Yoga teachers, like almost everybody else in late capitalist society, are subject to market pressure. Almost always, yoga teachers are compensated according to the size of their classes. Larger classes translate into more financial stability. So teachers trying to establish themselves had better pay attention to what keeps their classes full.
Experience, humor, intelligence, organization, artistry, compassion, and creativity all go a long way toward building successful yoga classes. It appears that many teachers apparently see the skillful delivery of approval as the magic ingredient that will bring students back for more.
Perhaps that’s why many rookie yoga teachers throw approval around like confetti at a wedding. And this technique works to some extent.
But how many classes do you have to take before you realize that the teacher praises you no matter how hard you are working? How many times can you be drifting off into space while being complimented on your mindfulness before you get suspicious?
More seasoned teachers are often more judicious with their praise. It gets harder to come by, and as a result of its scarcity, more valuable. During my teacher training, I got one little dose of praise.
Everybody else had really flexible hips and they over-rotated their pelvis as they twisted in revolved triangle. My hips were so tight that my pelvis somehow ended up being level. My teacher pointed this out while I was in the pose.
I felt like a champion. I realized it was a bit of a fluke. But I still felt like a champion. It was, maybe, the only time a yoga teacher I really respected had complimented one of my postures.
The gurus of modern postural yoga often take this dimension of the teacher-student relationship to the next level. I have observed some teachers intentionally manipulate large classes by, say, deliberately giving an instruction so vague or so complex that it doesn’t register with students and then feigning disappointment and frustration at their students’ inability to follow instructions. This tactic is meant to heighten students’ excitement when they eventually gain the approval of their rock star/yogi idol.
Yoga teachers have also been known to encourage students to connect with their classmates one minute and then offer stern warnings about staying focused and single-pointed the next: I have been in classes where teachers tell their students to look around and appreciate what a beautiful group of people they are with, only to snap at them five minutes later about not keeping their gaze focused.
These are bait-and-switch games that serve to intensify the effect of the cheerleading when it comes.
This is not to suggest that praise and approval are bad things and have no place in a yoga class. It is nice to know when you are doing something as instructed. It is helpful to get feedback from your teacher about your practice. But there is a danger to cheerleading.

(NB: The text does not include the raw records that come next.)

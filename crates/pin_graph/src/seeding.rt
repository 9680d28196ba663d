//! The seeds of an update: the nodes of pins that an ECO touched, and those whose arcs in or membership
//! of the clock network are other than in the base.

ghost use Rattle.std.specs.Prelude.{◌≡◌, ◌&&◌, ◌||◌, ◌++◌, ◌∷◌, [], ◌<◌, ◌^◌, ℕ, not, nat_eq, true, All, IsTrue, IfOk, OnOk, if◌then◌else◌};
ghost use Rattle.std.specs.List.{list_any, list_all, filter_map, flat_map, range_with_len};
ghost use Rattle.std.specs.List.Sorted.{IsStrictlyIncreasing};
ghost use Rattle.timing_rules.specs.Cones.{same_truth};
ghost use Rattle.netlist_store.specs.Applying.{IsEditOf};
ghost use Rattle.netlist_store.specs.Numbering.{is_number};
ghost use Rattle.pin_graph.specs.Joins.{own_number};
ghost use Rattle.pin_graph.specs.NodeArcs.{is_cell, marked};
ghost use Rattle.pin_graph.specs.Nodes.{node_bound, pin_under};
ghost use Rattle.pin_graph.specs.Seeds.{is_joined_at, is_owned_at, is_touched_at, numbers_of, same_graph_arc, same_fans, is_turned, is_moved, is_unmarked, turned_at, gone_at, AreSeeds};

use crate::arcs::{GraphArc, GraphKind};
use crate::graphs::Graph;
use crate::keeping::keeps_links;
use crate::networks::add_number;
use crate::nodes::node_number;
use crate::pin_arcs::own_number;
use netlist_store::{Store, Touched};
use sta_units::Memory;
use std::alloc::Global;
use timing_defs::{Cell, Inst, Items, Name, Split, Tran};

/// Adds numbers.
pub(crate) fn add_all(numbers: &mut Items<u32>, more: &[u32]) -> Result<(), Memory>
    ensures { OnOk result (numbers.new ≡ numbers.old ++ more.now) }
{
    for number in more {
        numbers.push(*number)?;
    }
    Ok(())
}

/// Adds the pins on a net, where it is there.
fn add_net_pins(pins: &mut Items<u32>, store: &Store, name: &Name) -> Result<(), Memory>
    ensures { OnOk result
        ((pin : ℕ) → list_any (nat_eq pin) pins.new
        ≡ (list_any (nat_eq pin) pins.old || is_joined_at store.now (name.now ∷ []) pin)) }
{
    store.laws();
    match store.net(name) {
        Some(net) => add_all(pins, store.net_pins(net)),
        None => Ok(()),
    }
}

/// The pins on some nets.
fn nets_pins(alloc: Global, store: &Store, names: &[Name]) -> Result<Items<u32>, Memory>
    ensures { IfOk result
        (λ pins. (pin : ℕ) → list_any (nat_eq pin) pins ≡ is_joined_at store.now names.now pin) }
{
    let mut pins = Items::new(alloc);
    for name in names {
        add_net_pins(&mut pins, store, name)?;
    }
    Ok(pins)
}

/// Adds the pins of an instance.
#[tactic(auto, using(crate::proofs::ArcLaws::mapped_more))]
fn add_own_pins(
    alloc: Global,
    pins: &mut Items<u32>,
    store: &Store,
    inst: &Inst,
    cell: &Cell,
) -> Result<(), Memory>
    ensures { OnOk result
        (pins.new
        ≡ pins.old ++ filter_map (λ pin. own_number store.now inst.now pin.name) cell.now.pins) }
{
    for pin in cell.pins.as_slice() {
        let number = own_number(alloc, store, inst, &pin.name)?;
        add_number(pins, number)?;
    }
    Ok(())
}

/// Adds the pins of the instance of a name, where it is there.
fn add_inst_pins(
    alloc: Global,
    pins: &mut Items<u32>,
    store: &Store,
    name: &Name,
) -> Result<(), Memory>
    ensures { OnOk result
        ((pin : ℕ) → list_any (nat_eq pin) pins.new
        ≡ (list_any (nat_eq pin) pins.old || is_owned_at store.now (name.now ∷ []) pin)) }
{
    store.laws();
    match store.inst(name) {
        Some(inst) => {
            let cell = store.cell_at(inst, Split::Late);
            add_own_pins(alloc, pins, store, store.inst_at(inst), cell)
        }
        None => Ok(()),
    }
}

/// Adds the pins of instances.
fn add_insts_pins(
    alloc: Global,
    pins: &mut Items<u32>,
    store: &Store,
    names: &[Name],
) -> Result<(), Memory>
    ensures { OnOk result
        ((pin : ℕ) → list_any (nat_eq pin) pins.new
        ≡ (list_any (nat_eq pin) pins.old || is_owned_at store.now names.now pin)) }
{
    for name in names {
        add_inst_pins(alloc, pins, store, name)?;
    }
    Ok(())
}

/// The pins on touched nets and of touched instances.
pub(crate) fn touched_pins(
    alloc: Global,
    store: &Store,
    touched: &Touched,
) -> Result<Items<u32>, Memory>
    ensures each { IfOk result
        (λ pins. (pin : ℕ) → list_any (nat_eq pin) pins
        ≡ is_touched_at store.now (record { insts = touched.now.insts; nets = touched.now.nets })
        pin) }
    ensures below { IfOk result (λ pins. All (λ pin. pin < 2 ^ 31) pins) }
{
    store.laws();
    let mut pins = nets_pins(alloc, store, touched.nets.as_slice())?;
    add_insts_pins(alloc, &mut pins, store, touched.insts.as_slice())?;
    Ok(pins)
}

/// Adds the nodes of a pin.
fn add_nodes(nodes: &mut Items<u32>, pin: u32) -> Result<(), Memory>
    requires { pin < 2 ^ 31 }
    ensures { OnOk result (nodes.new ≡ nodes.old ++ numbers_of pin) }
{
    nodes.push(node_number(pin, Tran::Rise))?;
    nodes.push(node_number(pin, Tran::Fall))
}

/// The nodes of pins.
pub(crate) fn nodes_of(alloc: Global, pins: &[u32]) -> Result<Items<u32>, Memory>
    requires { All (λ pin. pin < 2 ^ 31) pins.now }
    ensures { IfOk result (λ nodes. nodes ≡ flat_map numbers_of pins.now) }
{
    let mut nodes = Items::new(alloc);
    for pin in pins {
        add_nodes(&mut nodes, *pin)?;
    }
    Ok(nodes)
}

fn is_cell(kind: GraphKind) -> bool
    ensures { result ≡ is_cell kind }
{
    match kind {
        GraphKind::Cell => true,
        GraphKind::Net | GraphKind::Register => false,
    }
}

fn same_truth(a: bool, b: bool) -> bool
    ensures { result ≡ same_truth a b }
{
    if a { b } else { !b }
}

/// Whether two arcs into a node are of the same node and sorts.
fn same_arc(a: &GraphArc, b: &GraphArc) -> bool
    ensures { result ≡ same_graph_arc a.now b.now }
{
    a.from == b.from && same_truth(is_cell(a.kind), is_cell(b.kind)) && same_truth(a.edge, b.edge)
}

/// Whether an arc stands among those of the edited design.
fn is_kept(now: &[GraphArc], arc: &GraphArc) -> bool
    ensures { result ≡ list_any (same_graph_arc arc.now) now.now }
{
    now.iter().any(|other| same_arc(arc, other))
}

/// Whether an arc stood among those of the base.
fn is_old(before: &[GraphArc], arc: &GraphArc) -> bool
    ensures { result ≡ list_any (λ a. same_graph_arc a arc.now) before.now }
{
    before.iter().any(|other| same_arc(other, arc))
}

fn are_kept(before: &[GraphArc], now: &[GraphArc]) -> bool
    ensures { result ≡ list_all (λ a. list_any (same_graph_arc a) now.now) before.now }
{
    before.iter().all(|arc| is_kept(now, arc))
}

fn are_old(before: &[GraphArc], now: &[GraphArc]) -> bool
    ensures { result ≡ list_all (λ b. list_any (λ a. same_graph_arc a b) before.now) now.now }
{
    now.iter().all(|arc| is_old(before, arc))
}

/// Whether the arcs into a node are the same before and after.
fn same_fans(before: &[GraphArc], now: &[GraphArc]) -> bool
    ensures { result ≡ same_fans before.now now.now }
{
    are_kept(before, now) && are_old(before, now)
}

/// Whether the base lacks a node, or it has other arcs in or another membership of the clock network there.
fn is_turned(base: &Graph, graph: &Graph, node: u32) -> bool
    requires { node < node_bound graph.now.stored }
    ensures { result ≡ is_turned base.now graph.now node }
{
    if !base.has(node) {
        return true;
    }
    if !same_fans(base.arcs_in(node), graph.arcs_in(node)) {
        return true;
    }
    !same_truth(base.is_network(node), graph.is_network(node))
}

/// The number of a node that is there and turned.
fn turned_at(base: &Graph, graph: &Graph, node: u32) -> Option<u32>
    requires { node < node_bound graph.now.stored }
    ensures { result ≡ turned_at base.now graph.now node }
{
    if graph.has(node) && is_turned(base, graph, node) {
        Some(node)
    } else {
        None
    }
}

/// The nodes that are turned. Goes over all nodes and arcs.
#[tactic(auto, using(crate::proofs::ArcLaws::mapped_numbers_more))]
fn turned_nodes(alloc: Global, base: &Graph, graph: &Graph) -> Result<Items<u32>, Memory>
    ensures { IfOk result
        (λ nodes. nodes
        ≡ filter_map (turned_at base.now graph.now)
        (range_with_len 0 (node_bound graph.now.stored))) }
{
    let mut nodes = Items::new(alloc);
    for node in 0..graph.count() {
        add_number(&mut nodes, turned_at(base, graph, node))?;
    }
    Ok(nodes)
}

/// Whether a pin is of the clock network neither before nor after an ECO.
fn is_unmarked(base: &Graph, graph: &Graph, pin: u32) -> bool
    ensures { result ≡ is_unmarked base.now graph.now pin }
{
    !base.is_marked(pin) && !graph.is_marked(pin)
}

fn are_unmarked(base: &Graph, graph: &Graph, pins: &[u32]) -> bool
    ensures { result ≡ list_all (is_unmarked base.now graph.now) pins.now }
{
    pins.iter().all(|pin| is_unmarked(base, graph, *pin))
}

This is not to suggest that praise and approval are bad things and have no place in a yoga class.
Artificial or forced praise encourages the kind of uncritical group-think that tends toward injuries and abuse.
Just as you learn to dance, sing, or play an instrument, learning yoga involves cultivating and integrating skills.
Along the way there are inevitable ups and downs, successes and failures, that ultimately build the foundations of our practice. This process requires us as students to be engaged and embodied and to establish a real, human relationship with our teachers.
We need yoga teachers to focus on teaching valuable skills and passing along information that will improve our quality of life, not acrobatic tricks and treats for those gifted bodies able to perform them.
We need yoga teachers who will challenge our preconceptions and encourage us to learn something new, not skillfully deliver spiritual platitudes to placate our desire to be living a more fulfilling life.
We need yoga teachers who are less interested in building their sales funnel and more interested in building real teacher-student relationships.
We need responsible and thoughtful leaders in the yoga community, not doe-eyed woo peddlers telling us that everything is lovely and beautiful. We don’t need cheerleaders. We need teachers.